To use SSH, append "useSSL=true&serverSslCert=<path to server SSL certificate>" for example: jdbc:mariadb://<host>:<port>/<dbname>;useSSL=true&serverSslCert=<path to server SSL certificate>

org.mariadb.jdbc.Driver
Microsoft SQL Server*

jdbc:sqlserver://[serverName[\instanceName][:portNumber]][;property=value[;property=value]]

 

To access SQL Server in Windows Authentication mode, append ;authenticationScheme=NTLM;domain=<Domain Value>;integratedSecurity=true and enter your Windows credentials in the DbUser and DbPassword properties.

For example:

jdbc:sqlserver://localhost:63369;authenticationScheme=NTLM;domain=<domain value>;integratedSecurity=true

Using this format allows you to specify a Windows domain, username and password that are different to the signed-in user of the PC, or the user running Data360 Analyze, if desired.

If you are connecting to a database in Azure, you must also include ;authentication=ActiveDirectoryIntegrated in the connection string. Additionally, to allow the system user's ID to be accessible to the Azure Active Directory system, the on-premise Active Directory must be federated with the Azure Active Directory.

When using Windows Authentication, you can also simply append ;integratedSecurity=true, and leave the DbUser and DbPassword properties empty, to use the current user for Windows authentication. 

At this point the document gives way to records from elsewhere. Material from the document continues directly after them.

//! The pass backwards, event by event.

ghost use Rattle.std.specs.Prelude.{◌≡◌, [], true, false};
ghost use Rattle.pass_parts.specs.Ends.{IsEndFrom, Seen, fresh_end};
ghost use Rattle.pass_parts.specs.Events.{IsEventOver, HasWaited};
ghost use Rattle.backward_pass.specs.Needs.{AreOfEpoch};

use crate::asking::{add_request, add_sink};
use crate::node_needs::NodeNeeds;
use epoch_link::{Inlet, Outlet};
use epoch_summary::{Asked, Summary};
use flow_model::Message;
use pass_parts::{PassStep, PassSummary, PassTurn, Requests, pop_message, push_message};
use std::alloc::Global;

/// Asks the previous node for what the epoch's sinks and the requests of the next one need.
///
/// It is broken where there is no summary, once it was refused memory, and once a broken End came. Then it asks
/// nothing more, takes what comes, and ends, not whole. Only an event that walks a sink or takes a request takes
/// memory, and only while it is whole.
pub struct Back {
    alloc: Global,
    epoch: PassSummary,
    // The first node asks nothing: nothing flows from the run's start.
    first: bool,
    last: bool,
    // Of a summary that it still reads.
    needs: NodeNeeds,
    // How many sinks are walked.
    walked: usize,
    // Nothing, where it is broken.
    asked: Asked,
    // How many of the asked locations were sent.
    pushed: usize,
    requests: Requests,
    // An End came, or there is no inlet.
    heard: bool,
    // The End was sent.
    over: bool,
    ghost of_epoch: { AreOfEpoch epoch asked needs },
}

// Written out: where a value that has one is let go, a derived drop is proved anew, with all that is below it.
impl Drop for Back {
    /// Lets all its parts go.
    fn drop(self) {
        let (_summary, _asked, _requests) = self.into_parts();
    }
}

impl Back {
    ghost use Rattle.backward_pass.specs.Backward.{back_of, new_back, IsFit, Keeps, Reached, backwards, HasWalked, Walks, Takes, IsNextBack};

    /// A pass that has asked nothing yet. Without a summary it is broken. It takes no memory.
    pub fn new(alloc: Global, summary: Option<Summary>, first: bool, last: bool) -> Back
        ensures made { back_of result ≡ new_back summary first last }
        ensures keeps { Keeps (back_of result) (fresh_end last) (fresh_end first) }
        ensures reached { Reached (back_of result) (fresh_end last) (fresh_end first) }
    {
        Back {
            alloc,
            epoch: PassSummary::new(summary, true),
            first,
            last,
            needs: NodeNeeds::new(alloc),
            walked: 0,
            asked: Asked::new(alloc),
            pushed: 0,
            requests: Vec::new(alloc),
            heard: last,
            over: false,
        }
    }

    /// Whether it has a summary, was not refused memory, and no broken End came.
    pub fn whole(&self) -> bool
        ensures { result ≡ (back_of self.now).whole }
    {
        self.epoch.is_whole()
    }

    /// The summary, what was asked, and what was requested.
    pub fn into_parts(self) -> (Option<Summary>, Asked, Requests)
        ensures { (result.0 ≡ (back_of self).summary) × (result.1 ≡ (back_of self).asked)
            × (result.2.items ≡ (back_of self).requests) }
    {
        let Back {
            alloc: _,
            epoch,
            first: _,
            last: _,
            needs: _needs,
            walked: _,
            asked,
            pushed: _,
            requests,
            heard: _,
            over: _,
        } = self;
        (epoch.into_summary(), asked, requests)
    }

    /// The pass breaks, and forgets what it asked.
    fn give_up(&mut self)
        ensures { back_of self.new ≡ record (back_of self.old) { asked = []; whole = false } }
    {
        self.epoch.give_up();
        self.asked = Asked::new(self.alloc);
    }

    /// Walks the next sink. False where none is left, or the pass is broken.
    fn walk(&mut self) -> bool
        requires { IsFit (back_of self.old) }
        ensures none { result ≡ false → (self.new ≡ self.old) × HasWalked (back_of self.old) }
        ensures walked { result ≡ true → Walks (back_of self.old) (back_of self.new) }
    {
        let PassSummary::Whole(summary) = &self.epoch else {
            return false;
        };
        if self.walked >= summary.sink_count() {
            return false;
        }
        let Ok(()) = add_sink(
            summary,
            &mut self.needs,
            self.walked,
            self.first,
            &mut self.asked,
        ) else {
            self.give_up();
            return true;
        };
        self.walked += 1;
        true
    }

    /// Takes a message.
    fn take(&mut self, message: Message)
        requires { IsFit (back_of self.old) }
        ensures { Takes message (back_of self.old) (back_of self.new) }
    {
        match message {
            Message::Ask(loc) => {
                if let PassSummary::Whole(summary) = &self.epoch {
                    let Ok(()) = add_request(
                        summary,
                        &mut self.needs,
                        loc,
                        self.first,
                        &mut self.asked,
                        &mut self.requests,
                    ) else {
                        self.give_up();
                        return;
                    };
                }
            }
            Message::Byte(_) => {}
            Message::Close(_) => {}
            Message::End { whole } => {
                self.heard = true;
                if !whole {
                    self.give_up();
                }
            }
        }
    }

    /// What the pass does next. What needs no link is done.
    fn next(&mut self) -> PassStep
        requires { IsFit (back_of self.old) }
        ensures { IsNextBack result (back_of self.new) (back_of self.old) }
    {
        if self.over {
            return PassStep::Over;
        }
        if self.pushed < self.asked.count() {
            return PassStep::Send(Message::Ask(self.asked.get(self.pushed)));
        }
        if self.walk() {
            return PassStep::Moved;
        }
        if self.heard {
            PassStep::End
        } else {
            PassStep::Receive
        }
    }

    /// The next event. It is NotYet only where the one link that it needs refused in this call, and then nothing
    /// else changed. It is Over exactly where the End is sent in this call or was before. A push takes no memory,
    /// and neither does any event of a broken pass.
    pub fn event<I: Inlet<Message>, O: Outlet<Message>>(
        &mut self,
        inlet: &mut Option<I>,
        outlet: &mut Option<O>,
    ) -> PassTurn
        requires { Seen I.end O.end Keeps (back_of self.old) inlet.old outlet.old }
        ensures event { IsEventOver backwards I.end O.end (back_of self.old) inlet.old outlet.old
            (back_of self.new) inlet.new outlet.new result }
        ensures inlet { IsEndFrom I.end inlet.new inlet.old }
        ensures outlet { IsEndFrom O.end outlet.new outlet.old }
        ensures waits { HasWaited backwards I.end O.end (back_of self.old) inlet.old outlet.old
            inlet.new outlet.new result }
    {
        match self.next() {
            PassStep::Moved => PassTurn::Moved,
            PassStep::Send(message) => {
                if !push_message(outlet, message) {
                    return PassTurn::NotYet;
                }
                self.pushed += 1;
                PassTurn::Moved
            }
            PassStep::Receive => {
                let Some(message) = pop_message(inlet) else {
                    return PassTurn::NotYet;
                };
                self.take(message);
                PassTurn::Moved
            }
            PassStep::End => {
                let whole = self.whole();
                let end = Message::End { whole };
                if !push_message(outlet, end) {
                    return PassTurn::NotYet;
                }
                self.over = true;
                PassTurn::Over
            }
            PassStep::Over => PassTurn::Over,
        }
    }
}
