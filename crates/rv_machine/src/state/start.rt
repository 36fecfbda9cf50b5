//! The state that a run begins in.

ghost use Rattle.std.specs.Prelude.{◌≡◌, ℕ, ◌+◌, ◌*◌, ◌≤◌, nat_le, Some, None, Err, IfOk, IfErr, IsTrue, length};
ghost use Rattle.std.specs.List.{All, list_all};
ghost use Rattle.elf_model.specs.Image.{LoadedSegment};
ghost use Rattle.elf_model.specs.Window.{can_hold, laid_out, start_of};
ghost use Rattle.no_memory.specs.declared.Fault.TheVariants.{At};
ghost use Rattle.no_memory.specs.Faults.{IsCausedBy};
ghost use Rattle.rv_machine.specs.Start.{HaveRoom};

use super::HartState;
use crate::MachineFault;
use elf_image::{Image, Segment};
use elf_model::SmallWindow;
use no_memory::Fault;
use std::alloc::Global;

const PAGE: u32 = 4096;

/// How far below the window's end the stack begins.
const STACK_GAP: u64 = 16;

/// Whether each segment ends at or below an address.
fn all_end_by(segments: &[Segment], past: u64) -> bool
    ensures { result ≡ list_all (λ s. nat_le (s.place + s.size) past) segments.now }
{
    for segment in segments {
        if u64::from(segment.place()) + u64::from(segment.size()) > past {
            return false;
        }
    }
    true
}

fn can_hold(image: &Image, pages: u32) -> bool
    ensures { result ≡ can_hold image.now pages }
{
    let past = u64::from(image.base()) + u64::from(pages) * u64::from(PAGE);
    past <= 1 << 32 && all_end_by(image.segments(), past)
}

/// The segments' bytes go to memory.
fn lay_out(memory: &mut [u8], base: u32, segments: &[Segment])
    requires { HaveRoom base (base + length memory.old) segments.now }
    ensures { memory.new ≡ laid_out base memory.old segments.now }
{
    for segment in segments {
        let start = (segment.place() - base) as usize;
        let bytes = segment.bytes();
        memory[start..start + bytes.len()].copy_from_slice(bytes);
    }
}

impl HartState {
    /// The state that a run of an image begins in. See [`crate::Machine::new`].
    pub fn start(alloc: Global, image: &Image, pages: u32) -> Result<HartState, MachineFault>
        requires some { 1 ≤ pages }
        requires most { pages ≤ 4096 }
        ensures starts { IfOk result (λ s. start_of image.now pages ≡ Some s) }
        ensures small { IfErr result
            (IsCausedBy (λ window. (window.pages ≡ pages) × (start_of image.now pages ≡ None))) }
        ensures window { start_of image.now pages ≡ None → result ≡ Err (At (record { pages = pages })) }
    {
        if !can_hold(image, pages) {
            return Err(Fault::At(SmallWindow { pages }));
        }
        let (base, size) = (image.base(), pages * PAGE);
        let mut memory = vec![in alloc; 0u8; size as usize]?;
        lay_out(memory.as_mut_slice(), base, image.segments());
        let mut registers = [0; 32];
        registers[2] = (u64::from(base) + u64::from(size) - STACK_GAP) as u32;
        Ok(HartState {
            pc: image.entry(),
            registers,
            base,
            memory,
        })
    }
}
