//! Arithmetic on words, as instructions do it.

ghost use Rattle.std.specs.Prelude.{◌≡◌, ℕ, ◌*◌, ◌/◌, ◌^◌, ◌<◌, ◌*ℤ◌, pos, int_lt};
ghost use Rattle.isa.specs.Machine.{as_signed, arithmetic_right, upper_word, quotient, remainder, unsigned_quotient, unsigned_remainder};

/// A word shifted right, with its sign kept.
pub fn arithmetic_right(value: u32, amount: u32) -> u32
    requires { amount < 32 }
    ensures { result ≡ arithmetic_right value amount }
{
    (value.cast_signed() >> amount).cast_unsigned()
}

pub fn is_less(a: u32, b: u32) -> bool
    ensures { result ≡ int_lt (as_signed a) (as_signed b) }
{
    a.cast_signed() < b.cast_signed()
}

/// The upper 32 bits of a product of 64.
fn upper_word(product: i64) -> u32
    ensures { result ≡ upper_word product }
{
    (product.cast_unsigned() >> 32) as u32
}

pub fn multiply_high(x: u32, y: u32) -> u32
    ensures { result ≡ upper_word (as_signed x *ℤ as_signed y) }
{
    upper_word(i64::from(x.cast_signed()) * i64::from(y.cast_signed()))
}

pub fn multiply_high_signed_unsigned(x: u32, y: u32) -> u32
    ensures { result ≡ upper_word (as_signed x *ℤ pos y) }
{
    upper_word(i64::from(x.cast_signed()) * i64::from(y))
}

pub fn multiply_high_unsigned(x: u32, y: u32) -> u32
    ensures { result ≡ x * y / 2 ^ 32 }
{
    ((u64::from(x) * u64::from(y)) >> 32) as u32
}

/// A quotient, rounded towards zero. By 0 it has all bits set, and -2^31 by -1 is -2^31.
pub fn quotient(x: u32, y: u32) -> u32
    ensures { result ≡ quotient x y }
{
    if y == 0 {
        u32::MAX
    } else {
        x.cast_signed()
            .wrapping_div(y.cast_signed())
            .cast_unsigned()
    }
}

/// A remainder, with the sign of the dividend. By 0 it is the dividend, and of -2^31 by -1 it is 0.
pub fn remainder(x: u32, y: u32) -> u32
    ensures { result ≡ remainder x y }
{
    if y == 0 {
        x
    } else {
        x.cast_signed()
            .wrapping_rem(y.cast_signed())
            .cast_unsigned()
    }
}

/// A quotient of unsigned words. By 0 it has all bits set.
pub fn unsigned_quotient(x: u32, y: u32) -> u32
    ensures { result ≡ unsigned_quotient x y }
{
    if y == 0 { u32::MAX } else { x / y }
}

/// A remainder of unsigned words. By 0 it is the dividend.
pub fn unsigned_remainder(x: u32, y: u32) -> u32
    ensures { result ≡ unsigned_remainder x y }
{
    if y == 0 { x } else { x % y }
}
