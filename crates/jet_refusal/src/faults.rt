//! The refusals of faults, for `?`: one of each cause, and so of each fault that has one.

ghost use Rattle.std.specs.Prelude.{◌≡◌};
ghost use Rattle.jet_refusal.specs.declared.refusal.Refusal.TheVariants as refusal;
ghost use Rattle.jet_refusal.specs.Faults.{misfit_refusal, unrecorded_refusal, IsOutOfMemory, IsRefusalOf};

use crate::refusal::Refusal;
use elf_model::ImageKind;
use log_model::FaultInLog;
use no_memory::{Fault, NoMemory};
use record_model::Unrecorded;
use replay_model::Misfit;
use report_model::{FaultInQuery, OtherRule};
use std::alloc::{AllocError, AllocFailed};

impl<K> From<Fault<K>> for Refusal
where
    Refusal: From<K>,
{
    ghost from_gives = { IsRefusalOf ⟦<Refusal as From<K>>⟧.from_gives };

    fn from(fault: Fault<K>) -> Refusal {
        match fault {
            Fault::At(cause) => Refusal::from(cause),
            Fault::NoMemory(no_memory) => Refusal::NoMemory(no_memory),
        }
    }
}

impl From<NoMemory> for Refusal {
    ghost from_gives = { λ no_memory given. given ≡ refusal.NoMemory no_memory };

    fn from(no_memory: NoMemory) -> Refusal {
        Refusal::NoMemory(no_memory)
    }
}

impl From<AllocError> for Refusal {
    ghost from_gives = { λ _ given. IsOutOfMemory given };

    fn from(refused: AllocError) -> Refusal {
        Refusal::NoMemory(NoMemory::from(refused))
    }
}

impl<T: Drop> From<AllocFailed<T>> for Refusal {
    ghost from_gives = { λ _ given. IsOutOfMemory given };

    fn from(refused: AllocFailed<T>) -> Refusal {
        Refusal::NoMemory(NoMemory::from(refused))
    }
}

impl From<ImageKind> for Refusal {
    ghost from_gives = { λ kind given. given ≡ refusal.Image kind };

    fn from(kind: ImageKind) -> Refusal {
        Refusal::Image(kind)
    }
}

impl From<FaultInLog> for Refusal {
    ghost from_gives = { λ fault given. given ≡ refusal.Log fault.kind fault.offset };

    fn from(fault: FaultInLog) -> Refusal {
        Refusal::Log {
            kind: fault.kind,
            offset: fault.offset,
        }
    }
}

impl From<FaultInQuery> for Refusal {
    ghost from_gives = { λ fault given. given ≡ refusal.Query fault.line fault.kind };

    fn from(fault: FaultInQuery) -> Refusal {
        Refusal::Query {
            line: fault.line,
            kind: fault.kind,
        }
    }
}

impl From<OtherRule> for Refusal {
    ghost from_gives = { λ rule given. given ≡ refusal.Rules rule.first rule.index rule.other };

    fn from(rule: OtherRule) -> Refusal {
        Refusal::Rules {
            first: rule.first,
            index: rule.index,
            other: rule.other,
        }
    }
}

impl From<Misfit> for Refusal {
    ghost from_gives = { λ misfit given. given ≡ misfit_refusal misfit };

    fn from(misfit: Misfit) -> Refusal {
        match misfit {
            Misfit::WrongProgram { kept, seen } => Refusal::Program { kept, seen },
            Misfit::Window(window) => Refusal::Window {
                pages: window.pages,
            },
            Misfit::Diverged(divergence) => Refusal::Diverged(divergence),
        }
    }
}

impl From<Unrecorded> for Refusal {
    ghost from_gives = { λ cause given. given ≡ unrecorded_refusal cause };

    fn from(cause: Unrecorded) -> Refusal {
        match cause {
            Unrecorded::Window(window) => Refusal::Window {
                pages: window.pages,
            },
            Unrecorded::LogTooLong(size) => Refusal::LogTooLong(size),
        }
    }
}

In this case, the signed-in user of the PC is the current user, for a desktop instance. For a server instance, the service account used to run the Data360 Analyze application is the current user, as opposed to the end-user accessing the server instance through their browser.

com.microsoft.sqlserver.jdbc.SQLServerDriver
Microsoft SQL Server (JTurbo) jdbc:JTurbo://<host>:<port>/<dbname> com.ashna.jturbo.driver.Driver
Microsoft SQL Server (Sprinta) jdbc:inetdae7:<host>:<port>?database=<dbname> com.inet.tds.TdsDrive
MS Access*

jdbc:ucanaccess://<path-to-db>

For example:

jdbc:ucanaccess://c:/users/temp/myDB.mdb

net.ucanaccess.jdbc.UcanloadDriver
MySQL jdbc:mysql://<host>:<port>/<dbname> com.mysql.jdbc.Driver
Netezza

jdbc:netezza://<host>:<port>/<dbname>

org.netzezza,Driver
Oracle*

There are several ways to connect to an Oracle database over the thin client:

  1. Use Oracle SID:

    jdbc:oracle:thin:@//<host>:<port>:<system identifier (SID)>

    For example, if the database to which you want to connect resides on host prodHost, at port 1521, and the system identifier is ORCL:

    jdbc:oracle:thin:@prodHost:1521:ORCL

    - or -

  2. Use a Service Name:

    jdbc:oracle:thin:@//<host>:<port>/<service name>

    For example: jdbc:oracle:thin:@//myhost:1521/myservicename

    - or -

  3. Use the full TNS keyword-value syntax:

    For example if the database to which you want to connect resides on host prodHost, at port 1521, and the system identifier is ORCL:

    jdbc:oracle:thin:@(description=(address_list=(address=(protocol=tcp)(port=1521)(host=prodHost)))(connect_data=(INSTANCE_NAME=ORCL)))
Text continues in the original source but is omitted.